+++ PROVIDED MATERIAL +++
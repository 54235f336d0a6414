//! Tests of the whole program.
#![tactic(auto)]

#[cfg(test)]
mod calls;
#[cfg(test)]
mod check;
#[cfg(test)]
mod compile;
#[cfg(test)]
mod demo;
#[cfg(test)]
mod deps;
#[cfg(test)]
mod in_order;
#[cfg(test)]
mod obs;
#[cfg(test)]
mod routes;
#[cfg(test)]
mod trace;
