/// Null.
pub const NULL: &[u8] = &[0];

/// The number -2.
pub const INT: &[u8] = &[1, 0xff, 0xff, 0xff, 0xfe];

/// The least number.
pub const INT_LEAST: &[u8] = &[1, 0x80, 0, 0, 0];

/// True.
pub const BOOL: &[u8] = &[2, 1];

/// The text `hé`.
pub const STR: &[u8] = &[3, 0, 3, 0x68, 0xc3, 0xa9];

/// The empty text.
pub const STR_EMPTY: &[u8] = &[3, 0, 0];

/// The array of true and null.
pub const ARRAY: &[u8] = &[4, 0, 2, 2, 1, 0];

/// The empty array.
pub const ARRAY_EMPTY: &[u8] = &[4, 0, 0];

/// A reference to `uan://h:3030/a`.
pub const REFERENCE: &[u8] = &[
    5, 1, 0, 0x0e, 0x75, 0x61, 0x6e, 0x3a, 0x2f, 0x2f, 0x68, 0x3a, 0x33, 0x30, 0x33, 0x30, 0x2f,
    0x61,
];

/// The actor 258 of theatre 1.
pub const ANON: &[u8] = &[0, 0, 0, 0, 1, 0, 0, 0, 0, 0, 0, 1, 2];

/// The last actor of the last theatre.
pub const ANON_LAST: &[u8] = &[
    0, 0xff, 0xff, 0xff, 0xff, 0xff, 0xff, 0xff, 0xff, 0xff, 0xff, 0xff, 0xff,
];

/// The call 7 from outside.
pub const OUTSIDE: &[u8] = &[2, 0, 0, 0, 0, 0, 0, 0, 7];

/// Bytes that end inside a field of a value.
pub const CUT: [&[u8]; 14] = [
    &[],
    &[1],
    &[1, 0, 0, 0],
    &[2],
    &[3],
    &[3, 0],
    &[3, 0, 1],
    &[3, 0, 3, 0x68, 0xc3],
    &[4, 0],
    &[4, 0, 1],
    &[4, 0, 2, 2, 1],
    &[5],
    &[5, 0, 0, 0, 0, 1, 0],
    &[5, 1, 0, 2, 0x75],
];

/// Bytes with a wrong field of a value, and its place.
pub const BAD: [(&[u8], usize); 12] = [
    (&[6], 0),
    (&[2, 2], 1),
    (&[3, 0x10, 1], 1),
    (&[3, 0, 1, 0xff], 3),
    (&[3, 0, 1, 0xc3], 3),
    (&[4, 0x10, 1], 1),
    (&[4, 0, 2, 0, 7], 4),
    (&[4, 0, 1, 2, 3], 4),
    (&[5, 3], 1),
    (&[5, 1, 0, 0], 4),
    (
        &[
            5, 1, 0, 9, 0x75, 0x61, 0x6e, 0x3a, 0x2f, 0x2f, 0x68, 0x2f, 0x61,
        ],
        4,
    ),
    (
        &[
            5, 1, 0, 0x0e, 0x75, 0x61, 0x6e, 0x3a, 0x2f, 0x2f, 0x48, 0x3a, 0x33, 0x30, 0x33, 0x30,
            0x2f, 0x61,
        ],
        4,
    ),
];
+++
*TRY IT:* Every line of the material should be transcribed without alteration.

*SOLUTION TO THIS TASK:*
repository 54235f336d0a6414
//! Tests of the whole program.
#![tactic(auto)]

#[cfg(test)]
mod calls;
#[cfg(test)]
mod check;
#[cfg(test)]
mod compile;
#[cfg(test)]
mod demo;
#[cfg(test)]
mod deps;
#[cfg(test)]
mod in_order;
#[cfg(test)]
mod obs;
#[cfg(test)]
mod routes;
#[cfg(test)]
mod trace;
/// Null.
pub const NULL: &[u8] = &[0];

/// The number -2.
pub const INT: &[u8] = &[1, 0xff, 0xff, 0xff, 0xfe];

/// The least number.
pub const INT_LEAST: &[u8] = &[1, 0x80, 0, 0, 0];

/// True.
pub const BOOL: &[u8] = &[2, 1];

/// The text `hé`.
pub const STR: &[u8] = &[3, 0, 3, 0x68, 0xc3, 0xa9];

/// The empty text.
pub const STR_EMPTY: &[u8] = &[3, 0, 0];

/// The array of true and null.
pub const ARRAY: &[u8] = &[4, 0, 2, 2, 1, 0];

/// The empty array.
pub const ARRAY_EMPTY: &[u8] = &[4, 0, 0];

/// A reference to `uan://h:3030/a`.
pub const REFERENCE: &[u8] = &[
    5, 1, 0, 0x0e, 0x75, 0x61, 0x6e, 0x3a, 0x2f, 0x2f, 0x68, 0x3a, 0x33, 0x30, 0x33, 0x30, 0x2f,
    0x61,
];

/// The actor 258 of theatre 1.
pub const ANON: &[u8] = &[0, 0, 0, 0, 1, 0, 0, 0, 0, 0, 0, 1, 2];

/// The last actor of the last theatre.
pub const ANON_LAST: &[u8] = &[
    0, 0xff, 0xff, 0xff, 0xff, 0xff, 0xff, 0xff, 0xff, 0xff, 0xff, 0xff, 0xff,
];

/// The call 7 from outside.
pub const OUTSIDE: &[u8] = &[2, 0, 0, 0, 0, 0, 0, 0, 7];

/// Bytes that end inside a field of a value.
pub const CUT: [&[u8]; 14] = [
    &[],
    &[1],
    &[1, 0, 0, 0],
    &[2],
    &[3],
    &[3, 0],
    &[3, 0, 1],
    &[3, 0, 3, 0x68, 0xc3],
    &[4, 0],
    &[4, 0, 1],
    &[4, 0, 2, 2, 1],
    &[5],
    &[5, 0, 0, 0, 0, 1, 0],
    &[5, 1, 0, 2, 0x75],
];

/// Bytes with a wrong field of a value, and its place.
pub const BAD: [(&[u8], usize); 12] = [
    (&[6], 0),
    (&[2, 2], 1),
    (&[3, 0x10, 1], 1),
    (&[3, 0, 1, 0xff], 3),
    (&[3, 0, 1, 0xc3], 3),
    (&[4, 0x10, 1], 1),
    (&[4, 0, 2, 0, 7], 4),
    (&[4, 0, 1, 2, 3], 4),
    (&[5, 3], 1),
    (&[5, 1, 0, 0], 4),
    (
        &[
            5, 1, 0, 9, 0x75, 0x61, 0x6e, 0x3a, 0x2f, 0x2f, 0x68, 0x2f, 0x61,
        ],
        4,
    ),
    (
        &[
            5, 1, 0, 0x0e, 0x75, 0x61, 0x6e, 0x3a, 0x2f, 0x2f, 0x48, 0x3a, 0x33, 0x30, 0x33, 0x30,
            0x2f, 0x61,
        ],
        4,
    ),
];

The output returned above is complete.